Now whisk in a small piece of cold butter, and
keep adding small pieces until done.  Now add
the lemon juice, and mix well.  Don't 
over whip the sauce.

This sauce must be kept warm until serving..otherwise it will break down.









Pour this over the salmon when there's 
about 5 minutes of cooking time left.











I screwed up the sauce (wasn't cooking in my kitchen), too much
cream and it didn't firm up, but tasted great.

The smokey salmon, the crunch of the onions, the lemon butter flavors
with a hint of sweetness and dill....Fabulous.

Thanks to K Kruger and Jim Minion for help developing this recipe.


----------



## Greg Rempe (Feb 5, 2007)

Jim, can you reuse planks or are they one and done...if I ate fish I would try it...but...


----------



## Captain Morgan (Feb 5, 2007)

you can re use the planks if you didn't burn em up ...wash it well and
put it in the freezer in a plastic bag so it want spoil...got fish juice in it you know...


----------



## Nick Prochilo (Feb 5, 2007)

That looks real good Cappy! Did you post that recipe in the recipe section?


----------



## Finney (Feb 5, 2007)

We've been making chicken with the dijon mustard / onion crust for years.  Never thought about using it on salmon.


----------



## jminion1 (Feb 5, 2007)

Cappy
Nice job looks great.

Greg
Out here in the PNW they sale salmon planks 1" to 1 1/4" thick, they will run 2 bolts through the blank width wise to keep them from splitting lenght wise. These are use to cook and then they will serve the slmon on the plank.
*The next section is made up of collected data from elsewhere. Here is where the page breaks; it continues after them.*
//! Loads over a list.

ghost use Rattle.std.specs.Prelude.{◌≡◌, true, IfOk};
ghost use Rattle.am_record.specs.Plain.{is_rising};
ghost use Rattle.am_index.specs.Runs.{NothingAbove};

use crate::fault::{Fault, expect, expect_unchanged};
use am_index::{Listed, RecordSource};
use am_index_list::ListIndex;
use am_index_parts::Parts;
use am_record::{Entry, HashKey, Key, NoMemory, Records, Refusal, Reply, Value};
use am_store_loads::load;
use am_store_runs::{Cut, LoadFault, Run, cut_runs, cut_source};
use std::alloc::Global;

/// How many records make a run.
const RUN: usize = 25;

// What an outcome says, unless memory was refused.
fn settled<T>(outcome: Result<T, LoadFault>) -> Result<Option<T>, Fault> {
    match outcome {
        Ok(made) => Ok(Some(made)),
        Err(LoadFault::NoMemory) => Ok(None),
        Err(_) => Err(Fault::Differs),
    }
}

fn push_to<T: Drop>(list: &mut Vec<T>, item: T) -> Result<(), NoMemory> {
    list.push(item)?;
    Ok(())
}

// Forty records in no order, of which all keys begin alike, and every second one with the same eight bytes.
fn records_in_no_order(alloc: Global) -> Result<Vec<(Key, Value)>, Fault> {
    let mut records = Vec::new(alloc);
    for number in 0..40u8 {
        let at = number * 3 % 40;
        let name = [b'k', b'e', b'y', b's', b' ', b'a', b'r', at % 2, at];
        let key = Key::new(&name).ok_or(Fault::Differs)?;
        let value = Value::new(&[at]).ok_or(Fault::Differs)?;
        push_to(&mut records, (key, value))?;
    }
    Ok(records)
}

// The entry after this one.
fn behind(parts: &Parts<ListIndex>, entry: &Entry) -> Option<Entry> {
    if let Some(next) = parts.after(entry.part, entry.key) {
        return Some(next);
    }
    parts.next_any(entry.part.checked_add(1)?, Key::least())
}

// Whether the entry is this record of the run with that many before it.
fn is_of(entry: &Entry, before: usize, record: &(Key, Value)) -> bool {
    (entry.part as usize).checked_sub(1) == Some(before)
        && entry.key == record.0
        && entry.value == record.1
        && !entry.is_ghost
}

// Whether these are the runs, and their records all entries.
fn has_just(parts: &Parts<ListIndex>, runs: &[Run]) -> bool {
    let mut next = parts.next_any(0, Key::least());
    for (before, run) in runs.iter().enumerate() {
        for record in run.records() {
            let Some(entry) = next else {
                return false;
            };
            if !is_of(&entry, before, record) {
                return false;
            }
            next = behind(parts, &entry);
        }
    }
    next.is_none() && parts.runs() as usize == runs.len()
}

// Loads a run of these records, which rise. What is refused memory is loaded again.
fn load_run<S: RecordSource>(
    parts: &mut Parts<ListIndex>,
    records: &S,
    before: &[Run],
) -> Result<(), Fault>
    requires above { NothingAbove parts.old.runs parts.old.entries }
    requires rising { is_rising (S.records records.now) ≡ true }
    ensures { NothingAbove parts.new.runs parts.new.entries }
{
    let mut reply = load(parts, records);
    if reply == Reply::Refused(Refusal::NoMemory) {
        expect_unchanged(has_just(parts, before))?;
        reply = load(parts, records);
    }
    expect(reply == Reply::Done)
}

// A copy of the run that is next. Where memory is refused it is still to come.
fn next_run(alloc: Global, cut: &Cut<'_, Records>) -> Result<Run, Fault> {
    let run = cut.run().ok_or(Fault::Differs)?;
    if let Ok(copy) = run.to_run(alloc) {
        return Ok(copy);
    }
    Ok(run.to_run(alloc)?)
}

// A copy of the next run is put after those that came.
fn take_run(alloc: Global, cut: &mut Cut<'_, Records>, runs: &mut Vec<Run>) -> Result<(), Fault> {
    let run = next_run(alloc, cut)?;
    push_to(runs, run)?;
    cut.pass();
    Ok(())
}

// The records, cut into runs that are still to come.
fn cut_of(alloc: Global, records: &Records) -> Result<Cut<'_, Records>, Fault> {
    if let Some(cut) = settled(cut_source(alloc, records, RUN))? {
        return Ok(cut);
    }
    settled(cut_source(alloc, records, RUN))?.ok_or(Fault::NoMemory)
}

// The two runs of the records, as they are asked for one by one.
fn runs_of(alloc: Global, records: &Records) -> Result<Vec<Run>, Fault> {
    let mut cut = cut_of(alloc, records)?;
    let mut runs = Vec::new(alloc);
    take_run(alloc, &mut cut, &mut runs)?;
    take_run(alloc, &mut cut, &mut runs)?;
    expect(cut.run().is_none())?;
    Ok(runs)
}

// The same, all at once.
fn all_runs_of(alloc: Global, records: &[(Key, Value)]) -> Result<Vec<Run>, Fault> {
    if let Some(runs) = settled(cut_runs(alloc, records, RUN))? {
        return Ok(runs);
    }
    settled(cut_runs(alloc, records, RUN))?.ok_or(Fault::NoMemory)
}

// One run of all records.
fn run_of_all(alloc: Global, records: &[(Key, Value)]) -> Result<Run, Fault> {
    if let Some(run) = settled(Run::sorted(alloc, records))? {
        return Ok(run);
    }
    settled(Run::sorted(alloc, records))?.ok_or(Fault::NoMemory)
}

// Two cuts of the same records are alike, and of two runs.
fn are_alike(runs: &[Run], again: &[Run]) -> Result<(), Fault> {
    expect(runs.len() == 2 && again.len() == 2)?;
    expect(runs[0].records() == again[0].records() && runs[1].records() == again[1].records())
}

// Loads the run of the cut that comes next, where it lies.
fn load_next(
    parts: &mut Parts<ListIndex>,
    cut: &mut Cut<'_, Records>,
    before: &[Run],
) -> Result<(), Fault>
    requires { NothingAbove parts.old.runs parts.old.entries }
    ensures { NothingAbove parts.new.runs parts.new.entries }
{
    let run = cut.run().ok_or(Fault::Differs)?;
    load_run(parts, &run, before)?;
    cut.pass();
    Ok(())
}

// Loads both runs of a cut.
fn load_in_turn(
    parts: &mut Parts<ListIndex>,
    cut: &mut Cut<'_, Records>,
    runs: &[Run],
) -> Result<(), Fault>
    requires { NothingAbove parts.old.runs parts.old.entries }
    ensures { NothingAbove parts.new.runs parts.new.entries }
{
    let [_, _] = runs else {
        return Err(Fault::Differs);
    };
    load_next(parts, cut, &[])?;
    load_next(parts, cut, &runs[..1])
}

// Loads both runs of the records into a list that has no entries.
fn load_both(alloc: Global, records: &Records, runs: &[Run]) -> Result<Parts<ListIndex>, Fault>
    ensures { IfOk result (λ parts. NothingAbove parts.runs parts.entries) }
{
    let mut parts = Parts::new(alloc, ListIndex::new(alloc), HashKey::known());
    let mut cut = cut_of(alloc, records)?;
    load_in_turn(&mut parts, &mut cut, runs)?;
    expect(has_just(&parts, runs))?;
    Ok(parts)
}

// A run of all records is refused, with memory or without, by the least of its keys.
fn refuses(parts: &mut Parts<ListIndex>, all: &Run) -> Result<(), Fault>
    requires { NothingAbove parts.old.runs parts.old.entries }
{
    expect(all.records().len() == 40)?;
    let records = all.records();
    expect(load(parts, &Listed { records }) == Reply::Exists(records[0].0))
}

// Cuts the records into the same runs at once, and loads these. Then a run of all records is refused.
fn load_runs(alloc: Global, records: &Records, runs: &[Run]) -> Result<(), Fault> {
    are_alike(runs, &all_runs_of(alloc, records.as_slice())?)?;
    let all = run_of_all(alloc, records.as_slice())?;
    let mut parts = load_both(alloc, records, runs)?;
    refuses(&mut parts, &all)?;
    expect(has_just(&parts, runs))
}

/// Records in no order are cut into two runs and loaded. Then a run of all of them is refused, with memory or without.
pub(crate) fn loads_of_a_list(alloc: Global) -> Result<(), Fault> {
    let records = Records::new(records_in_no_order(alloc)?);
    let runs = runs_of(alloc, &records)?;
    load_runs(alloc, &records, &runs)
}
Poeple have used the same set of planks for a number of years.

Jim


----------



## Finney (Feb 5, 2007)

Just need to figure how much it will take to give *100 people*   a sample and it will make a good "Anything Butt" at SOTB.


----------



## Captain Morgan (Feb 5, 2007)

well that's what I'm thinking of...provided you pay for it.
However, I'm worried about judges who don't like fish...there's a big
wow factor, but there were people at the party last night
who just didn't want to try it.  A couple did and loved it.
I hate judges that have food dislikes!  And I don't know
if SOTB is going back to "celebrity judges" or SCBA judges.
I think I'd fare better with the SCBA judges. 

Also don't have a backup plan, but there's plenty of time.
I could always go back to the FIRST PLACE AWARD WINNING
PEACH COBBLER AND ICE CREAM.


----------



## Finney (Feb 5, 2007)

Well I'm not paying for your entry.... so you might want to do something cheaper.  :damnfunny  :damnfunny  :damnfunny


----------



## Captain Morgan (Feb 5, 2007)

I'll pay for the entry if you just buy the fish....I get to keep the trophy though.  One of us needs to bring the trophy back home to this board.


----------



## Finney (Feb 5, 2007)

Captain Morgan said:
			
		

> I'll pay for the entry if you just buy the fish....I get to keep the trophy though.  One of us needs to bring the trophy back home to this board.



I said your entry (the fish)... not your entry fee.  We both know there is extra entry fee for the "ATB".  You're on your own.


----------



## ScottyDaQ (Feb 5, 2007)

Looks awesome Cap'n !


----------



## Puff1 (Feb 5, 2007)

Looks good Cap. The wife had planked salmon the other night at the restaurant we went to. She loved it. I'm going to make this for her.
Thanks


----------



## Cliff H. (Feb 5, 2007)

Never had it before but it do look good.  Wonder if you could do a catfish the same way ?


----------



## Bill The Grill Guy (Feb 5, 2007)

Sweet Jim.  Gotta try the planks next time.


----------



## Finney (Feb 5, 2007)

Cliff H. said:
			
		

> Never had it before but it do look good.  Wonder if you could do a catfish the same way ?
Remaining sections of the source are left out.